## GIVEN INFORMATION:

⟨

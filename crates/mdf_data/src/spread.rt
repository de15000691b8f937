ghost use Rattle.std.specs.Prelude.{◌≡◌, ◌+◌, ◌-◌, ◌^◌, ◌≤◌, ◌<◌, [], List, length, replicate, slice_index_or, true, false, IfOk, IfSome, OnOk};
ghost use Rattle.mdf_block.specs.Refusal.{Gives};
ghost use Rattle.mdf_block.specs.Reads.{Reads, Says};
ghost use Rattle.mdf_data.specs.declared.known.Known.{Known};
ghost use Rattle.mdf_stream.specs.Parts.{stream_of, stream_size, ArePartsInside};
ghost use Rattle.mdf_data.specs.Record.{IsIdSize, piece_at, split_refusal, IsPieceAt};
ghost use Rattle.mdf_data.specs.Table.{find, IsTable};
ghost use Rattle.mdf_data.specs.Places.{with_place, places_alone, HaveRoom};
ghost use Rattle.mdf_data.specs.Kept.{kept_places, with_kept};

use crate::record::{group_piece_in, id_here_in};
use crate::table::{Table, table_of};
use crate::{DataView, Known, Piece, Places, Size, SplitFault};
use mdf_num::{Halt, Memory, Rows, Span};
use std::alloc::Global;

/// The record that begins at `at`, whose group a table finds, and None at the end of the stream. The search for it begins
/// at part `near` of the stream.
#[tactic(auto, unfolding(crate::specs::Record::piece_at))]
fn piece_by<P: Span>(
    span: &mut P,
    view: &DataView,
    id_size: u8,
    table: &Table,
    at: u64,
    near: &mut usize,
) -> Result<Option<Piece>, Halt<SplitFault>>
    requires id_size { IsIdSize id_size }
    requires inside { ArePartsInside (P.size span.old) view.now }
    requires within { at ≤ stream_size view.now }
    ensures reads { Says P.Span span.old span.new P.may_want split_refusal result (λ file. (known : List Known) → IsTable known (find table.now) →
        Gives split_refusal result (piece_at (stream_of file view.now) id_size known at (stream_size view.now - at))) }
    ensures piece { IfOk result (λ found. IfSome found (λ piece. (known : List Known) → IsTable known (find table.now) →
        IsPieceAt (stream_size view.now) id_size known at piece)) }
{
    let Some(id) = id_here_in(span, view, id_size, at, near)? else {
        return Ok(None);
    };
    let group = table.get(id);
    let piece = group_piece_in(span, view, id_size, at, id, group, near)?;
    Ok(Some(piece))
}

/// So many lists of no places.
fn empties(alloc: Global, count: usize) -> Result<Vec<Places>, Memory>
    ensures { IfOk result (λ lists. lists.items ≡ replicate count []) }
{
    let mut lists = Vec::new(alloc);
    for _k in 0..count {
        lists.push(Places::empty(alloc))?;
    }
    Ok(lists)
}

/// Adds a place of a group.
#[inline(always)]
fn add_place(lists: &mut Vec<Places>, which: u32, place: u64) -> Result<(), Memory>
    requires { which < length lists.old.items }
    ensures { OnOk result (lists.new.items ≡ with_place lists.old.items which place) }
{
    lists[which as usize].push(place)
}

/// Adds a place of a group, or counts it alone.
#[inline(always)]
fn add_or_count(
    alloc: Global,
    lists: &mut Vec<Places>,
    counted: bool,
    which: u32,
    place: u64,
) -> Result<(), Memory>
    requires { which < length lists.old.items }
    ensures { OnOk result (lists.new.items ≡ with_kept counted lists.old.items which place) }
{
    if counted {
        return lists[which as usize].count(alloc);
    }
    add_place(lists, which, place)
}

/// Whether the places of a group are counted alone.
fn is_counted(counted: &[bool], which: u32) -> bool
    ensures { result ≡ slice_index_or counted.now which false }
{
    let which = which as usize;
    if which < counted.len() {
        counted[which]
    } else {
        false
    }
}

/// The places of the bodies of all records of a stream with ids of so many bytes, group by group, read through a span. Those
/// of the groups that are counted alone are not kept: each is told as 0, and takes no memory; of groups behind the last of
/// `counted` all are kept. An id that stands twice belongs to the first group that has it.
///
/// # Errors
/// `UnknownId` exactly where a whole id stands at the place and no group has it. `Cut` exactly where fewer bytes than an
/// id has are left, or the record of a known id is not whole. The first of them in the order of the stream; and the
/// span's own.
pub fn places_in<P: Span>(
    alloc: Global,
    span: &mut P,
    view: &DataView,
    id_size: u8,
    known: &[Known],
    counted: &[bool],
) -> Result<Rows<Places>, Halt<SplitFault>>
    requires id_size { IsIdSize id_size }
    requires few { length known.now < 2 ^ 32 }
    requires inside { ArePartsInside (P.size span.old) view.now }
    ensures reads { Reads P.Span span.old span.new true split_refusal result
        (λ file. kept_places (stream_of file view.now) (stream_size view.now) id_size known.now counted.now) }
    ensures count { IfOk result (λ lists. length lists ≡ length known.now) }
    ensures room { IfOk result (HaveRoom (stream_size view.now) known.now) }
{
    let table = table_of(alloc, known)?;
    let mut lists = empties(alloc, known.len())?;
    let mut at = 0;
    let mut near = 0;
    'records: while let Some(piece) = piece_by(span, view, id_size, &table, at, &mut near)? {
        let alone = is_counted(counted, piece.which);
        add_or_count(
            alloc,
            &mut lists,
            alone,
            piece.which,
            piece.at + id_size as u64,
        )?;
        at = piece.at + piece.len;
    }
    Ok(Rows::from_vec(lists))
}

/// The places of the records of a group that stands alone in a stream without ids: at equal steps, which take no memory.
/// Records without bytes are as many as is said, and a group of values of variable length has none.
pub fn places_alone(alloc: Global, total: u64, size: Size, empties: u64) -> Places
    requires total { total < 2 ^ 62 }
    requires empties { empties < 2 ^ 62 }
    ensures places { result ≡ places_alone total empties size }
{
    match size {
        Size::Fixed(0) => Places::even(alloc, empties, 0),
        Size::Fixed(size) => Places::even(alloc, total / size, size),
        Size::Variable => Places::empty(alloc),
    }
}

⟩

## EXERCISE DETAILS:
Read the listing. Report every line that includes the word "IsPieceAt".

## RESPONSE BELOW:
ghost use Rattle.mdf_data.specs.Record.{IsIdSize, piece_at, split_refusal, IsPieceAt};
        IsPieceAt (stream_size view.now) id_size known at piece)) }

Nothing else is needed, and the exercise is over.